B Company is responsible for security duties in various locations. It carries out land patrols and conducts vehicle checkpoints for traffic contraventions, illegal immigrants' identification and apprehension, and anti-narcotics' searches. It consists of a Company Headquarters and five infantry platoons. B Company personnel are often engaged in ceremonial and security tasks when foreign dignitaries visit. In addition, it is an internal security company, tasked with guarding high-profile/sensitive government establishments. It is based at Ħal Far.

===C Company===
C (Special Duties) Company is the AFM's Quick Reaction Force, for high-risk operations both internally and as part of the European Union. It consists of a Company Headquarters and three infantry platoons, also maintaining sustainable sniper and close protection teams. It also serves as an infantry training unit for the AFM and is based at Hal-Far.

===D Company===
D (Air Defence & Support) Company provides Malta's primary air defence capability, armed with the Bofors 40mm L70 and ZPU-4 14.5mm AAMG as well as 81mm mortars, Type 69 RPGs and Browning .50 HMGs for ground support. Its primary role is the light anti-aircraft defence of Luqa Airport and other vulnerable points on the Maltese islands. Gunnery training and battery shooting practices are regularly held at Pembroke Ranges, St. Andrews. This sub-unit runs a training school conducting Junior Non-commissioned Officers Leadership development courses, Infantry trade courses, Ceremonial Saluting guns courses and AAMG courses. All the AFM ceremonial activities that involve the firing of the saluting guns are performed by this sub-unit. This sub-unit is also responsible for the administration and training of the Emergency Volunteer Reserve Force.

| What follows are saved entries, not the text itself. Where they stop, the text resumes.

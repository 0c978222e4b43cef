//! Regular files of the system: where something else stands, or nothing, there is none.
ghost use Rattle.std.specs.Fs.{file_type, IsFile};
ghost use Rattle.std.specs.IoError.{error_kind};
ghost use Rattle.std.specs.Prelude.{◌≡◌, ◌≤◌, false, IfErr, IfOk, IfSome, length};
ghost use Rattle.tor_source.specs.Faults.{is_absence};

use crate::faults::is_absence_at;
use crate::folder::listed_file::untold;
use std::fs::{self, Metadata};
use std::io;
use std::os::unix::fs::FileExt;
use std::rt::Files;

/// How many bytes the regular file at a place has; None if there is none. That it tells of none, and gives one, is a
/// fault.
pub(crate) fn length_at<R: Files>(rt: &R, place: &str) -> io::Result<Option<u64>>
where
    R::File: FileExt,
    ensures { IfErr result (λ fault. is_absence (error_kind fault) ≡ false) }
{
    match file_at(rt, place)? {
        Some(metadata) if metadata.len() == 0 && gives_byte(rt, place) => Err(untold()),
        Some(metadata) => Ok(Some(metadata.len())),
        None => Ok(None),
    }
}

/// Whether a regular file that tells of no byte gives one, as those of `/proc` do. One that cannot be read has none.
pub(crate) fn gives_byte<R: Files>(rt: &R, place: &str) -> bool
where
    R::File: FileExt,
{
    let mut byte = [0; 1];
    match fs::open(rt, place) {
        Ok(file) => matches!(file.read_at(&mut byte, 0), Ok(1)),
        Err(_) => false,
    }
}

/// One read of the regular file at a place; it gives nothing if there is none, and from its end on, where the system
/// may refuse a read. What is no regular file is not opened: to open a FIFO would wait.
pub(crate) fn read_at<R: Files>(
    rt: &R,
    place: &str,
    start: u64,
    buffer: &mut [u8],
) -> io::Result<usize>
where
    R::File: FileExt,
    ensures { IfOk result (λ count. count ≤ length buffer.old) }
{
    match file_at(rt, place)? {
        Some(metadata) if start < metadata.len() => fs::open(rt, place)?.read_at(buffer, start),
        _ => Ok(0),
    }
}

/// The regular file at a place, opened to be read, and what the system told of it before. What is none is not opened:
/// to open a FIFO would wait.
pub(crate) fn open_at<R: Files>(rt: &R, place: &str) -> io::Result<(R::File, Metadata)> {
    let metadata = rt.metadata(place)?;
    if metadata.is_file() {
        Ok((fs::open(rt, place)?, metadata))
    } else {
        Err(io::Error::from(io::ErrorKind::InvalidInput))
    }
}

// What the system tells of the regular file at a place. A place that leads through a file has nothing.
fn file_at<R: Files>(rt: &R, place: &str) -> io::Result<Option<Metadata>>
    ensures found { IfOk result (λ found. IfSome found (λ metadata. IsFile (file_type metadata))) }
    ensures refused { IfErr result (λ fault. is_absence (error_kind fault) ≡ false) }
{
    match rt.metadata(place) {
        Ok(metadata) if metadata.is_file() => Ok(Some(metadata)),
        Ok(_) => Ok(None),
        Err(fault) if is_absence_at(place, fault.kind()) => Ok(None),
        Err(fault) => Err(fault),
    }
}
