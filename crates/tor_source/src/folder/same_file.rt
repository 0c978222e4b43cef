//! Whether two places of the system have one file: the same number on the same device.
ghost use Rattle.std.specs.Prelude.{◌≡◌, ◌⊎◌, IfErr};
ghost use Rattle.tor_source.specs.declared.faults.ScanFault.TheVariants.{Memory, System};

use crate::faults::{ScanFault, is_absence_at};
use crate::folder::place::Place;
use crate::folder::places::Places;
use std::fs::Metadata;
use std::io::ErrorKind;
use std::os::unix::fs::MetadataExt;
use std::rt::Files;

/// Whether the system has this file at one of the places. A link there is followed. A place with nothing has another
/// file, as has one whose links lead nowhere; of any other the system must tell.
pub(crate) fn is_at_one_of<R: Files>(
    rt: &R,
    places: &Places,
    file: &Metadata,
) -> Result<bool, ScanFault>
    ensures { IfErr result (λ fault. (fault ≡ Memory) ⊎ (fault ≡ System)) }
{
    let mut place = Place::new();
    for index in 0..places.count() {
        places.write(index, &mut place)?;
        if is_at(rt, place.as_str(), file)? {
            return Ok(true);
        }
    }
    Ok(false)
}

fn is_at<R: Files>(rt: &R, place: &str, file: &Metadata) -> Result<bool, ScanFault>
    ensures { IfErr result (λ fault. (fault ≡ Memory) ⊎ (fault ≡ System)) }
{
    match rt.metadata(place) {
        Ok(there) => Ok(there.ino() == file.ino() && there.dev() == file.dev()),
        Err(fault) if matches!(fault.kind(), ErrorKind::FilesystemLoop) => Ok(false),
        Err(fault) if is_absence_at(place, fault.kind()) => Ok(false),
        Err(fault) => Err(ScanFault::from(fault)),
    }
}
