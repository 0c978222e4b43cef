//! The names in one folder.
ghost use Rattle.std.specs.Prelude.{◌≡◌, IfOk, IfSome, map, vec_items};
ghost use Rattle.std.specs.List.Sorted.{IsStrictlySortedBy};
ghost use Rattle.tor_source.specs.steps.Listing.{HasSameNames, is_listed, names_in};
ghost use Rattle.tor_tree.specs.Path.{name_cmp};

use std::alloc::Global;
use std::io::{self, BufRead, BufReader, Read};

/// How many bytes of a folder's names are read at once. A read of a folder needs room for one whole name at least.
const BUFFER_LENGTH: usize = 32768;

/// The names in a folder but `.` and `..`, each once, rising by their bytes.
pub(crate) fn rising_names<D: Read + Drop>(alloc: Global, folder: D) -> io::Result<Vec<Vec<u8>>>
    ensures rising { IfOk result
        (λ names. IsStrictlySortedBy (λ name next. name_cmp name.items next.items) names.items) }
    ensures all { IfSome (D.remaining folder)
        (λ listing. IfOk result (λ names. HasSameNames (names_in listing) (map vec_items names.items))) }
{
    let mut names = names_of(
        alloc,
        BufReader::with_capacity(alloc, BUFFER_LENGTH, folder)?,
    )?;
    names.sort()?;
    names.dedup();
    Ok(names)
}

/// The names in a folder but `.` and `..`, as the system lists them.
fn names_of<B: BufRead + Drop>(alloc: Global, folder: B) -> io::Result<Vec<Vec<u8>>>
    ensures { IfSome (B.remaining folder)
        (λ listing. IfOk result (λ names. map vec_items names.items ≡ names_in listing)) }
{
    let mut names = Vec::new(alloc);
    for name in folder.split(alloc, 0) {
        let name = name?;
        if is_listed(&name) {
            names.push(name)?;
        }
    }
    Ok(names)
}

/// Whether this names a file or a folder in the one that is listed.
fn is_listed(piece: &[u8]) -> bool
    ensures { result ≡ is_listed piece.now }
{
    !matches!(piece, [] | [b'.'] | [b'.', b'.'])
}
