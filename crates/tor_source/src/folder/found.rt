//! The files that were found below a folder, and what was refused there.
ghost use Rattle.std.specs.Prelude.{◌≡◌, ◌≢◌, [], OnOk, vec_len};
ghost use Rattle.tor_source.specs.Places.{names_bytes, path_bytes};
ghost use Rattle.tor_source.specs.steps.Order.{HasRefused, HasTaken};

use crate::folder::listed_file::{ListedFile, ListedFiles};
use crate::refused::{Refusal, Refused, names_bytes, path_bytes};
use std::alloc::{AllocError, Global};
use tor_tree::{FilePath, Name, copy_names};

/// Files that were found: for each its path below the folder, and what was told of it. And what was refused, in the
/// order in which it was met.
#[derive(Drop)]
pub(crate) struct FoundFiles {
    pub(crate) paths: Vec<FilePath>,
    pub(crate) listed: ListedFiles,
    pub(crate) refused: Vec<Refused>,
}

/// Nothing was found yet.
pub(crate) fn none_found(alloc: Global) -> FoundFiles
    ensures paths { result.paths.items ≡ [] }
    ensures listed { vec_len result.listed.lengths ≡ 0 }
    ensures refused { result.refused.items ≡ [] }
{
    FoundFiles {
        paths: Vec::new(alloc),
        listed: ListedFiles::none(alloc),
        refused: Vec::new(alloc),
    }
}

/// Adds the file which these names lead to.
pub(crate) fn add_file(
    alloc: Global,
    listed: ListedFile,
    names: &[Name],
    found: &mut FoundFiles,
) -> Result<(), AllocError>
    requires { names.now ≢ [] }
    ensures { OnOk result (HasTaken found.old names.now found.new) }
{
    let Some(path) = FilePath::new(copy_names(alloc, names)?) else {
        unreachable!();
    };
    found.paths.push(path)?;
    found.listed.push(listed)?;
    Ok(())
}

/// Adds what is refused: the names above lead to its folder, and this is its own.
pub(crate) fn refuse(
    alloc: Global,
    above: &[Name],
    name: &[u8],
    refusal: Refusal,
    found: &mut FoundFiles,
) -> Result<(), AllocError>
    ensures { OnOk result (HasRefused found.old (path_bytes above.now name.now) refusal found.new) }
{
    let path = path_bytes(alloc, above, name)?;
    found.refused.push(Refused { path, refusal })?;
    Ok(())
}

/// Adds what is refused, to which these names lead.
pub(crate) fn refuse_last(
    alloc: Global,
    names: &[Name],
    refusal: Refusal,
    found: &mut FoundFiles,
) -> Result<(), AllocError>
    ensures { OnOk result (HasRefused found.old (names_bytes names.now) refusal found.new) }
{
    let path = names_bytes(alloc, names)?;
    found.refused.push(Refused { path, refusal })?;
    Ok(())
}
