//! Files that are looked for below a folder while no link is followed: how each of them stands.
ghost use Rattle.std.specs.IoError.{error_kind};
ghost use Rattle.std.specs.Prelude.{◌≡◌, ◌<◌, ◌≤◌, IfErr, IfOk, None, Ok, false, length, map, vec_len};
ghost use Rattle.tor_source.specs.Faults.{is_absence};
ghost use Rattle.tor_source.specs.Places.{place_of};
ghost use Rattle.tor_source.specs.declared.folder.unlinked.Met.TheVariants.{Link, Nothing};
ghost use Rattle.tor_source.specs.steps.Met.{met_of_kind, met_of_refusal};

use crate::faults::{ScanFault, is_absence};
use crate::folder::FolderSource;
use crate::folder::listed_file::{FileNumber, ListedFile, read_listed, untold};
use crate::folder::named::{LeadingFolders, Sought, look_for};
use crate::folder::place::Place;
use crate::folder::places::Places;
use crate::folder::regular::gives_byte;
use crate::refused::{OtherKind, Refusal};
use std::alloc::{AllocError, Global};
use std::fs::Metadata;
use std::io::{self, ErrorKind};
use std::os::fd::AsRawFd;
use std::os::unix::fs::FileExt;
use std::rt::Files;
use tor_tree::FilePath;

impl<R: Files + Clone + Drop> FolderSource<R> {
    /// These files below the folder `place`, as `at` has them, but no link below it is followed: a file is not there if
    /// a link stands at its place, or on the way to it, and is never opened. Each is looked for once, now, and read as
    /// it was met. If `place` is no folder, no file is there. If the system did not tell of a file, its `length` is a
    /// fault. A link at `place` itself is followed.
    pub fn at_without_links(
        rt: &R,
        alloc: Global,
        place: &str,
        files: Vec<FilePath>,
    ) -> Result<FolderSource<R>, AllocError>
    where
        R::File: AsRawFd,
        ensures { IfOk result (λ source. source ≡ map (place_of place.now) files.items) }
    {
        FolderSource::wanted_without_links(rt, alloc, place, files, &[])
    }

    /// As `at_without_links`, but a file is looked for only if it is wanted, or nothing tells whether it is. One that
    /// is not is not there.
    pub fn wanted_without_links(
        rt: &R,
        alloc: Global,
        place: &str,
        files: Vec<FilePath>,
        wanted: &[bool],
    ) -> Result<FolderSource<R>, AllocError>
    where
        R::File: AsRawFd,
        ensures { IfOk result (λ source. source ≡ map (place_of place.now) files.items) }
    {
        let met = met_below(rt, alloc, place, &files, wanted)?;
        let places = Places::below(alloc, place, files)?;
        let mut source = FolderSource::of_places(rt, alloc, places)?;
        source.met = met;
        Ok(source)
    }

    /// Whether a file is not there because of a link that was not followed: at its place, or on the way to it. A source
    /// that follows links has no such file.
    pub fn is_behind_link(&self, file: usize) -> bool
        ensures { length self.now ≤ file → result ≡ false }
    {
        file < self.places.count() && matches!(self.met.get(file), Some(Met::Link))
    }
}

/// How a file stands that was looked for.
#[derive(Clone, Copy)]
pub(crate) enum Met {
    /// It is a regular file, of which this was told.
    Regular(ListedFile),
    /// Nothing is there, or what is no regular file.
    Nothing,
    /// A link stands at its place, or where a folder leads to it.
    Link,
    /// The system did not tell, with a fault of this kind.
    Untold(ErrorKind),
}

impl Met {
    /// How many bytes the file has that was met so; None if it is not there. One that was empty is asked for again, and
    /// has to be the same.
    pub(crate) fn length_at<R: Files>(
        &self,
        rt: &R,
        places: &Places,
        file: usize,
    ) -> io::Result<Option<u64>>
    where
        R::File: FileExt,
        requires { file < length places.now }
        ensures refused { IfErr result (λ fault. is_absence (error_kind fault) ≡ false) }
        ensures linked { self.now ≡ Link → result ≡ Ok None }
        ensures absent { self.now ≡ Nothing → result ≡ Ok None }
    {
        match self {
            Met::Regular(listed) if 0 < listed.length => Ok(Some(listed.length)),
            Met::Regular(listed) => {
                let mut place = Place::new();
                places.write(file, &mut place)?;
                still_empty(rt, place.as_str(), listed)
            }
            Met::Untold(kind) if !is_absence(*kind) => Err(io::Error::from(*kind)),
            _ => Ok(None),
        }
    }

    /// One read of the file that was met so. Nothing else than a regular file is opened.
    pub(crate) fn read_at<R: Files>(
        &self,
        rt: &R,
        places: &Places,
        file: usize,
        start: u64,
        buffer: &mut [u8],
    ) -> io::Result<usize>
    where
        R::File: FileExt,
        requires { file < length places.now }
        ensures within { IfOk result (λ count. count ≤ length buffer.old) }
        ensures linked { self.now ≡ Link → result ≡ Ok 0 }
        ensures absent { self.now ≡ Nothing → result ≡ Ok 0 }
    {
        match self {
            Met::Regular(listed) => {
                let mut place = Place::new();
                places.write(file, &mut place)?;
                read_listed(rt, place.as_str(), listed, start, buffer)
            }
            Met::Untold(kind) => Err(io::Error::from(*kind)),
            _ => Ok(0),
        }
    }
}

// The length of a file that was listed as empty: none if it is not the same any more. A link at its place is not
// followed.
fn still_empty<R: Files>(rt: &R, place: &str, listed: &ListedFile) -> io::Result<Option<u64>>
where
    R::File: FileExt,
    ensures { IfErr result (λ fault. is_absence (error_kind fault) ≡ false) }
{
    match rt.symlink_metadata(place) {
        Ok(metadata) if !listed.is_still(&metadata) => Ok(None),
        Ok(_) if gives_byte(rt, place) => Err(untold()),
        Ok(_) => Ok(Some(0)),
        Err(fault) if is_absence(fault.kind()) => Ok(None),
        Err(fault) => Err(fault),
    }
}

/// Whether one of the files that were met is this very one.
pub(crate) fn is_among(met: &[Met], file: &Metadata) -> bool {
    let number = FileNumber::of(file);
    for one in met {
        if matches!(one, Met::Regular(listed) if listed.number.is(number)) {
            return true;
        }
    }
    false
}

/// How each of these files stands below a folder, in their order, if it is wanted. A link at the folder itself is
/// followed, and none below it: what leads to a file has to be folders. If no folder is there, none of the files is.
pub(crate) fn met_below<R: Files>(
    rt: &R,
    alloc: Global,
    root: &str,
    files: &[FilePath],
    wanted: &[bool],
) -> Result<Vec<Met>, AllocError>
where
    R::File: AsRawFd,
    ensures { IfOk result (λ met. vec_len met ≡ length files.now) }
{
    if let Some(met) = top_met(rt, root)? {
        return Ok(vec![in alloc; met; files.len()]?);
    }
    match LeadingFolders::at_top(rt, alloc, root) {
        Ok(mut leading) => met_on_way(rt, alloc, &mut leading, files, wanted),
        Err(ScanFault::Memory) => Err(AllocError),
        Err(_) => Ok(vec![in alloc; Met::Untold(ErrorKind::Other); files.len()]?),
    }
}

// How all files below a place stand, if no folder is there.
fn top_met<R: Files>(rt: &R, root: &str) -> Result<Option<Met>, AllocError> {
    match rt.metadata(root) {
        Ok(metadata) if metadata.is_dir() => Ok(None),
        Ok(_) => Ok(Some(Met::Nothing)),
        Err(fault) if matches!(fault.kind(), ErrorKind::OutOfMemory) => Err(AllocError),
        Err(fault) => Ok(Some(met_of_kind(fault.kind()))),
    }
}

// How each of these files stands, which are looked for from the top folder on.
fn met_on_way<R: Files>(
    rt: &R,
    alloc: Global,
    leading: &mut LeadingFolders<R>,
    files: &[FilePath],
    wanted: &[bool],
) -> Result<Vec<Met>, AllocError>
where
    R::File: AsRawFd,
    ensures { IfOk result (λ met. vec_len met ≡ length files.now) }
{
    let mut met = Vec::with_capacity(alloc, files.len())?;
    'files: for file in files {
        let is_wanted = *wanted.get(met.len()).unwrap_or(&true);
        met.push(met_if(rt, alloc, leading, file, is_wanted)?)?;
    }
    Ok(met)
}

// How this file stands, if it is wanted.
fn met_if<R: Files>(
    rt: &R,
    alloc: Global,
    leading: &mut LeadingFolders<R>,
    file: &FilePath,
    is_wanted: bool,
) -> Result<Met, AllocError>
where
    R::File: AsRawFd,
    ensures unwanted { is_wanted ≡ false → result ≡ Ok Nothing }
{
    if !is_wanted {
        return Ok(Met::Nothing);
    }
    match look_for(rt, alloc, leading, file.names()) {
        Ok(sought) => Ok(met_of(sought)),
        Err(_) => Err(AllocError),
    }
}

// How a file stands of which this was found.
fn met_of(sought: Sought) -> Met {
    match sought {
        Sought::File(listed) => Met::Regular(listed),
        Sought::NotTaken(refusal) => met_of_refusal(&refusal),
    }
}

// How a file stands that is refused so.
fn met_of_refusal(refusal: &Refusal) -> Met
    ensures { result ≡ met_of_refusal refusal.now }
{
    match refusal {
        Refusal::NotRegular(OtherKind::Link) => Met::Link,
        Refusal::NotRegular(_) | Refusal::Missing => Met::Nothing,
        Refusal::NotUtf8 | Refusal::TooDeep => Met::Untold(ErrorKind::InvalidFilename),
        Refusal::System(fault) => met_of_kind(fault.kind()),
    }
}

// How a file stands for which the system has a fault of this kind.
fn met_of_kind(kind: ErrorKind) -> Met
    ensures { result ≡ met_of_kind kind }
{
    if is_absence(kind) {
        Met::Nothing
    } else {
        Met::Untold(kind)
    }
}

==Alternate HQ AFM Operations Centre==
Lyster Barracks has also acted as an alternate Operations Centre for HQ AFM when the main Operations Centre at Luqa was out of action.

==Migrant Detention Facility==
Hermes Black within Lyster Barracks, is a temporary secure detention facility for migrants awaiting administrative processing. The Hermes Block Detention Centre is managed by the government's Detention Service (DS) and not the AFM. The DFS is controlled by Malta's Ministry for Home Affairs, National Security and Law Enforcement.